Companies sign onto climate plan

Cargill and Walmart included in companies pledging to combat climate change.

At the White House Monday, Secretary of State John Kerry and senior White House officials hosted 13 of the largest companies from across the American economy who are standing with the Obama Administration to launch the American Business Act on Climate Pledge: Alcoa, Apple, Bank of America, Berkshire Hathaway Energy, Cargill, Coca-Cola, General Motors, Goldman Sachs, Google, Microsoft, PepsiCo, UPS, and Walmart.

In a fact sheet from the White House, the White House explained impacts of climate change have brought deeper, more persistent droughts, more severe weather, bigger storm surges and more frequent and dangerous wildfires. The President’s Climate Action Plan, when fully implemented, will cut nearly 6 billion tons of carbon pollution through 2030, an amount equivalent to taking all the cars in the United States off the road for more than 4 years.
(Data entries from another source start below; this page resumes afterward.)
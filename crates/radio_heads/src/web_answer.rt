//! Answers that the pages of web sites read, and their texts.
ghost use Rattle.std.specs.Prelude.{◌≡◌, [], ◌++◌, codes, IfOk, OnOk};
ghost use Rattle.radio_heads.specs.Answer.{content_type, header_line, line};
ghost use Rattle.radio_heads.specs.FieldValue.{IsFieldText};
ghost use Rattle.radio_heads.specs.WebAnswer.{origin_line, page_start, page_text, shared_text, stream_head_text, stream_start, text_start, web_answer_text, HasWebFieldTexts, IsCleanOrigin};
ghost use Rattle.radio_heads.specs.Laws.{IsCleanWelcome};

use crate::OutOfMemory;
use crate::answer::{TextKind, Welcome};
use crate::field_value::FieldValue;
use crate::writing::{
    end_no_line, push_end, push_header, push_interval, push_number, push_status, push_stream,
    push_value,
};
use http::StatusCode;
use std::alloc::Global;

/// An answer that the script of a page may read, where `Access-Control-Allow-Origin` names the page's origin (the Fetch
/// standard, section 3.3.3). Its texts are written as they are; no value of a header can hold a line end, by its type.
#[derive(Drop)]
pub enum WebAnswer<'a> {
    /// A listener is admitted (200), and the stream's bytes follow.
    Stream(Welcome<'a>),
    /// A text that everybody may read (200), whose body is of that kind.
    Text {
        kind: TextKind,
        body: &'a [u8],
    },
    /// A page of HTML in UTF-8 (200), for which a browser allows what its policy allows (Content Security Policy,
    /// level 3).
    Page {
        policy: FieldValue<'a>,
        body: &'a [u8],
    },
}

/// The text of such an answer, byte for byte, with its body where it has one. Whose pages may read it is said where a value
/// is given; without one a stream and a text are those of [`write_answer`](crate::write_answer).
///
/// The only error is `OutOfMemory`.
// rule: Allow origin; Answers are read back
pub fn write_web_answer(
    alloc: Global,
    answer: &WebAnswer,
    allow_origin: &Option<FieldValue>,
) -> Result<Vec<u8>, OutOfMemory>
    ensures text { IfOk result (λ text. text.items ≡ web_answer_text allow_origin.now answer.now) }
    // no value from outside, in any answer that can be made, ends a header's line
    ensures one_line { HasWebFieldTexts answer.now }
    ensures origin { IsCleanOrigin allow_origin.now }
{
    origin_ends_no_line(allow_origin);
    match answer {
        WebAnswer::Stream(welcome) => write_stream(alloc, welcome, allow_origin),
        WebAnswer::Text { kind, body } => write_shared(alloc, *kind, body, allow_origin),
        WebAnswer::Page { policy, body } => {
            ends_no_line(policy);
            write_page(alloc, policy, body, allow_origin)
        }
    }
}

/// Whose pages may read it ends no line.
fn origin_ends_no_line(allow_origin: &Option<FieldValue>)
    ensures { IsCleanOrigin allow_origin.now }
{
    if let Some(origin) = allow_origin {
        ends_no_line(origin);
    }
}

/// The value ends no line: it says what its type holds, and does nothing.
fn ends_no_line(value: &FieldValue)
    ensures { IsFieldText value.now }
{
    let _value = value.as_bytes();
}

pub(crate) fn write_stream(
    alloc: Global,
    welcome: &Welcome,
    allow_origin: &Option<FieldValue>,
) -> Result<Vec<u8>, OutOfMemory>
    ensures text { IfOk result (λ text. text.items ≡ stream_head_text allow_origin.now welcome.now) }
    ensures one_line { IsCleanWelcome welcome.now }
{
    end_no_line(welcome);
    let mut text = start_stream(alloc, welcome)?;
    push_origin_and_end(&mut text, allow_origin)?;
    Ok(text)
}

fn start_stream(alloc: Global, welcome: &Welcome) -> Result<Vec<u8>, OutOfMemory>
    ensures { IfOk result (λ text. text.items ≡ stream_start welcome.now) }
{
    let mut text = Vec::new(alloc);
    push_status(alloc, &mut text, "HTTP/1.0", StatusCode::OK)?;
    push_stream(&mut text, welcome)?;
    push_interval(alloc, &mut text, welcome.interval)?;
    Ok(text)
}

fn write_shared(
    alloc: Global,
    kind: TextKind,
    body: &[u8],
    allow_origin: &Option<FieldValue>,
) -> Result<Vec<u8>, OutOfMemory>
    ensures { IfOk result (λ text. text.items ≡ shared_text allow_origin.now (content_type kind) body.now) }
{
    let mut text = start_text(alloc, kind.content_type(), body.len())?;
    push_origin_and_end(&mut text, allow_origin)?;
    text.extend_from_slice(body)?;
    Ok(text)
}

fn write_page(
    alloc: Global,
    policy: &FieldValue,
    body: &[u8],
    allow_origin: &Option<FieldValue>,
) -> Result<Vec<u8>, OutOfMemory>
    ensures { IfOk result (λ text. text.items ≡ page_text allow_origin.now policy.now body.now) }
{
    let mut text = start_page(alloc, policy, body.len())?;
    push_origin_and_end(&mut text, allow_origin)?;
    text.extend_from_slice(body)?;
    Ok(text)
}

fn start_page(alloc: Global, policy: &FieldValue, size: usize) -> Result<Vec<u8>, OutOfMemory>
    ensures { IfOk result (λ text. text.items ≡ page_start policy.now size) }
{
    let mut text = start_text(alloc, b"text/html; charset=utf-8", size)?;
    push_value(&mut text, "Content-Security-Policy", policy)?;
    Ok(text)
}

fn start_text(alloc: Global, content_type: &[u8], size: usize) -> Result<Vec<u8>, OutOfMemory>
    ensures { IfOk result (λ text. text.items ≡ text_start content_type.now size) }
{
    let mut text = Vec::new(alloc);
    push_status(alloc, &mut text, "HTTP/1.0", StatusCode::OK)?;
    push_header(&mut text, "Content-Type", content_type)?;
    push_number(alloc, &mut text, "Content-Length", size)?;
    Ok(text)
}

/// Whose pages may read it, where that is said, the last header, and the empty line.
fn push_origin_and_end(
    text: &mut Vec<u8>,
    allow_origin: &Option<FieldValue>,
) -> Result<(), OutOfMemory>
    ensures { OnOk result (text.new.items
        ≡ text.old.items ++ origin_line allow_origin.now ++ header_line (codes "Connection") (codes "close") ++ line []) }
{
    push_origin(text, allow_origin)?;
    push_end(text)
}

fn push_origin(text: &mut Vec<u8>, allow_origin: &Option<FieldValue>) -> Result<(), OutOfMemory>
    ensures { OnOk result (text.new.items ≡ text.old.items ++ origin_line allow_origin.now) }
{
    match allow_origin {
        Some(origin) => push_value(text, "Access-Control-Allow-Origin", origin),
        None => Ok(()),
    }
}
The measures taken by the public and private sectors enabled President Obama to his goal of reducing greenhouse gas emissions economy-wide by 26-28% by 2025 last November—and to do so alongside Chinese President Xi Jinping, who committed for the first time that China would peak their emissions by around 2030.

As the world looks toward global climate negotiations in Paris this December, the companies have taken individual pledges to move toward a low-carbon, sustainable future.
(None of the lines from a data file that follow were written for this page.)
//! What no clause says: streams and texts from outside, and that calls succeed where there is memory.

mod texts;
mod unweaving;
mod weaving;

use radio_icy::OutOfMemory;
use std::alloc::Global;

/// The longest title.
const LONGEST: &[u8] = &[b'a'; 4065];

/// A title with these bytes before it and behind it.
fn enclosed(
    alloc: Global,
    before: &[u8],
    title: &[u8],
    behind: &[u8],
) -> Result<Vec<u8>, OutOfMemory> {
    let mut bytes = Vec::from_slice(alloc, before)?;
    bytes.extend_from_slice(title)?;
    bytes.extend_from_slice(behind)?;
    Ok(bytes)
}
Cargill for example established comprehensive goals around climate, energy and water 10 years ago. Over that time they have improved energy efficiency by 16%, carbon intensity by 9% and freshwater efficiency by 12% since setting energy goals in 2000 and climate and water goals in 2005.
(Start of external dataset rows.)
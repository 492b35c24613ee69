//! Equal copies of events, for whoever keeps a record of them.

ghost use Rattle.std.specs.Prelude.{◌≡◌, IsOk, IfOk};
ghost use Rattle.radio_events.specs.Events.{EventTakesNoMemory};

use crate::{
    Asked, Boxed, Command, CommandRequest, Event, ListenRequest, OutOfMemory, PageVisit,
    SourceRequest,
};
use bytes::Bytes;
use radio_blocks::Block;
use radio_creds::Pair;
use radio_values::{MountName, Shown, Title};

impl Event {
    /// An equal event. `OutOfMemory` if memory was refused.
    pub fn again(&self) -> Result<Event, OutOfMemory>
        ensures value { IfOk result (λ event. event ≡ self.now) }
        // of the end of a session, a connection and a relay, and of the clock, it is never refused
        ensures frees { EventTakesNoMemory self.now → IsOk result }
    {
        match self {
            Event::Arrive { peer } => Ok(Event::Arrive { peer: *peer }),
            Event::Source(asked) => Ok(Event::Source(source_again(asked)?)),
            Event::Push { id, block } => push_again(*id, block),
            Event::SourceEnd { id } => Ok(Event::SourceEnd { id: *id }),
            Event::Title { id, text } => title_again(*id, text),
            Event::Listen(asked) => Ok(Event::Listen(listen_again(asked)?)),
            Event::Draw { id, room } => Ok(Event::Draw {
                id: *id,
                room: *room,
            }),
            Event::Command(asked) => Ok(Event::Command(boxed_again(asked)?)),
            Event::Leave { id } => Ok(Event::Leave { id: *id }),
            Event::RelayUp { mount, shown } => relay_again(mount, shown),
            Event::RelayDown { id } => Ok(Event::RelayDown { id: *id }),
            Event::Clock { ms } => Ok(Event::Clock { ms: *ms }),
        }
    }
}

/// An equal block of this source. `OutOfMemory` if memory was refused.
fn push_again(id: u64, block: &Block) -> Result<Event, OutOfMemory>
    ensures { IfOk result (λ event. event ≡ Event.Push id block.now) }
{
    Ok(Event::Push {
        id,
        block: block.share()?,
    })
}

/// An equal title of this source. `OutOfMemory` if memory was refused.
fn title_again(id: u64, text: &Title) -> Result<Event, OutOfMemory>
    ensures { IfOk result (λ event. event ≡ Event.Title id text.now) }
{
    Ok(Event::Title {
        id,
        text: text.clone()?,
    })
}

/// The same relay's coming. `OutOfMemory` if memory was refused.
fn relay_again(mount: &Bytes, shown: &Boxed<Shown>) -> Result<Event, OutOfMemory>
    ensures { IfOk result (λ event. event ≡ Event.RelayUp mount.now shown.now) }
{
    let shows: &Shown = shown;
    Ok(Event::RelayUp {
        mount: mount.clone()?,
        shown: Boxed::new(shown.allocator(), shows.clone()?)?,
    })
}

/// An equal request. `OutOfMemory` if memory was refused.
fn source_again(asked: &Boxed<SourceRequest>) -> Result<Boxed<SourceRequest>, OutOfMemory>
    ensures { IfOk result (λ again. again ≡ asked.now) }
{
    let again = SourceRequest {
        id: asked.id,
        mount: asked.mount.clone()?,
        pair: pair_again(&asked.pair)?,
        shown: asked.shown.clone()?,
    };
    Boxed::new(asked.allocator(), again)
}

/// An equal request. `OutOfMemory` if memory was refused.
fn listen_again(asked: &Boxed<ListenRequest>) -> Result<Boxed<ListenRequest>, OutOfMemory>
    ensures { IfOk result (λ again. again ≡ asked.now) }
{
    let again = ListenRequest {
        id: asked.id,
        mount: asked.mount.clone()?,
        pair: pair_again(&asked.pair)?,
        wants_metadata: asked.wants_metadata,
        visit: visit_again(&asked.visit)?,
    };
    Boxed::new(asked.allocator(), again)
}

/// An equal visit. `OutOfMemory` if memory was refused.
fn visit_again(visit: &PageVisit) -> Result<PageVisit, OutOfMemory>
    ensures { IfOk result (λ again. again ≡ visit.now) }
{
    Ok(PageVisit {
        host: visit.host.clone()?,
        server_start: visit.server_start,
    })
}

/// An equal request, in an allocation of its own. `OutOfMemory` if memory was refused.
fn boxed_again(asked: &Boxed<CommandRequest>) -> Result<Boxed<CommandRequest>, OutOfMemory>
    ensures { IfOk result (λ again. again ≡ asked.now) }
{
    Boxed::new(asked.allocator(), request_again(asked)?)
}

/// An equal request. `OutOfMemory` if memory was refused.
fn request_again(asked: &CommandRequest) -> Result<CommandRequest, OutOfMemory>
    ensures { IfOk result (λ again. again ≡ asked.now) }
{
    Ok(CommandRequest {
        id: asked.id,
        asked: asked_again(&asked.asked)?,
        pair: pair_again(&asked.pair)?,
    })
}

/// The same again. `OutOfMemory` if memory was refused.
fn asked_again(asked: &Asked) -> Result<Asked, OutOfMemory>
    ensures { IfOk result (λ again. again ≡ asked.now) }
{
    match asked {
        Asked::NoCommand => Ok(Asked::NoCommand),
        Asked::MissingArgument(opened_by) => Ok(Asked::MissingArgument(*opened_by)),
        Asked::Listing(listing) => Ok(Asked::Listing(*listing)),
        Asked::Command(command) => Ok(Asked::Command(command_again(command)?)),
    }
}

/// An equal command. `OutOfMemory` if memory was refused.
fn command_again(command: &Command) -> Result<Command, OutOfMemory>
    ensures { IfOk result (λ again. again ≡ command.now) }
{
    match command {
        Command::MoveClients { mount, destination } => Ok(Command::MoveClients {
            mount: *mount,
            destination: *destination,
        }),
        Command::KillClient { mount, listener } => Ok(Command::KillClient {
            mount: *mount,
            listener: *listener,
        }),
        Command::KillSource { mount } => Ok(Command::KillSource { mount: *mount }),
        Command::SetTitle { mount, title } => Ok(Command::SetTitle {
            mount: *mount,
            title: title.clone()?,
        }),
        Command::SetFallback { mount, fallback } => Ok(Command::SetFallback {
            mount: *mount,
            fallback: *fallback,
        }),
        Command::AddUser {
            mount,
            user,
            password,
        } => add_again(*mount, user, password),
        Command::DeleteUser { mount, user } => Ok(Command::DeleteUser {
            mount: *mount,
            user: user.clone()?,
        }),
    }
}

/// The same user and password for the mount. `OutOfMemory` if memory was refused.
fn add_again(mount: MountName, user: &Bytes, password: &Bytes) -> Result<Command, OutOfMemory>
    ensures { IfOk result (λ again. again ≡ Command.AddUser mount user.now password.now) }
{
    Ok(Command::AddUser {
        mount,
        user: user.clone()?,
        password: password.clone()?,
    })
}

/// The pair again, if there is one. `OutOfMemory` if memory was refused.
fn pair_again(pair: &Option<Pair>) -> Result<Option<Pair>, OutOfMemory>
    ensures { IfOk result (λ again. again ≡ pair.now) }
{
    match pair {
        Some(pair) => Ok(Some(pair.copy()?)),
        None => Ok(None),
    }
}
Now Cargill turns its attention to new goals through 2020 and from its 2015 baseline, Cargill pledges over the next five years to improve greenhouse gas intensity by 5%, freshwater efficiency by 5%, energy efficiency by 5% and increase renewable energy to 18% of its total energy use, up from 14%.

Cargill also continues to work with customers and civil society to build sustainable supply chains that address climate concerns. It also partners with farmers and ranchers to help agriculture adapt to a changing climate.

For instance, Cargill is building a traceable and transparent palm oil supply chain firmly committed to no deforestation of high conservation value (HCV) lands or high carbon stock (HCS) area; no development on peat, and no exploitation of rights of indigenous peoples and local communities.

Cargill has played a critical role in stemming the spread of deforestation in the Amazon by working with industry and non-governmental organization partners to develop and implement the Brazilian Soy Moratorium, a voluntary zero-deforestation agreement that contributed to a dramatic drop in deforestation in the region.

Cargill is also a founding member of the Global Roundtable for Sustainable Beef (GRSB) and the U.S. Roundtable for Sustainable Beef (USRSB). Cargill said it is committed to conserving, reducing and more efficiently managing resources, and mitigating greenhouse gas emissions.

PepsiCo’s Sustainable Farming Initiative plans to expand the use of sustainable farming practices to 500,000 acres in its corn, oats, potato and citrus supply chains by the end of 2016. Walmart among other practices plans to establish joint agricultural partnerships with 17 suppliers, cooperatives and service providers on 23 million acres of land in the U.S. and Canada, with the potential to reduce 11 million metric tons of GHG by 2020 and achieve zero net deforestation in product sourcing by 2020 as part of The Consumer Goods Forum.

Google for instance also pledged to power its operations with 100% renewable energy and plans to directly invest in renewable energy projects.